The Crawford Fund (an initiative of the Australian Academy of Technological Sciences and Engineering - ATSE) organised an agenda setting conference in 2017 aimed at harnessing the potency of the data revolution for smallholder farmers in the developing countries that the food security portfolio of the Official Development Assistance programme engages with. A key feature of the development programming direction set out at this defining event was the fact that it, drew heavily from tech-preneurs and the private sector. There was a reiteration of language such as ‘overlaying agricultural transport and logistical data to generate a 3D augmented reality’ for decision makers to interact with; and using Artificial Intelligence (AI) techniques to optimise and classify data for actionable insights. The emphasis was on using innovation and digital technology to create efficiencies and better outcomes because asking the resource-poor frontline worker to do more is unfeasible.
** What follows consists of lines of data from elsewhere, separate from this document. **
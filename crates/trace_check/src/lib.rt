//! Traces checked against the law of order: whether the lines are those of a lawful log, and where not.
//!
//! The law is that of `order_law`; what is checked is the text alone, whoever wrote it.
#![tactic(auto)]

mod judging;
mod laws;
mod run;
mod status;
mod telling;
mod verdict;

pub use judging::check;
pub use laws::{each_front_of_a_trace_is_lawful, each_trace_has_one_verdict};
pub use run::check_run;
pub use status::CheckStatus;
pub use verdict::Verdict;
Authors writing about the post-2015 emphasis on the data revolution50 point out that if there is no recognition of the political nature of counting and the underrepresentation of the agency of disadvantaged groups in official statistics, then even with a data revolution, ‘the same people and the same things will continue to go uncounted’ (DLP 2015). Jerven (2013) makes the same point by weighing in on the data for development debate through an ethnographic engagement with the UN system of National Accounts and African statistical officers and their measurement practices. He documents the poor data quality of statistics, national income accounting and the role of political pressure from donor communities and local political leaders in the production of ‘poor’ numbers and indicators about Africa. By historicising agricultural statistics, which weren’t collected before agricultural extension services began in the postcolonial period, he argues that the data for development impulse

50 ‘The UN Secretary General was told two years ago by the 2012–13 High Level Panel of Eminent Persons on the Post-2015 Development Agenda that any follow-up to the Millennium Development Goals (MDGs) had to include a data revolution’ (DLP 2015).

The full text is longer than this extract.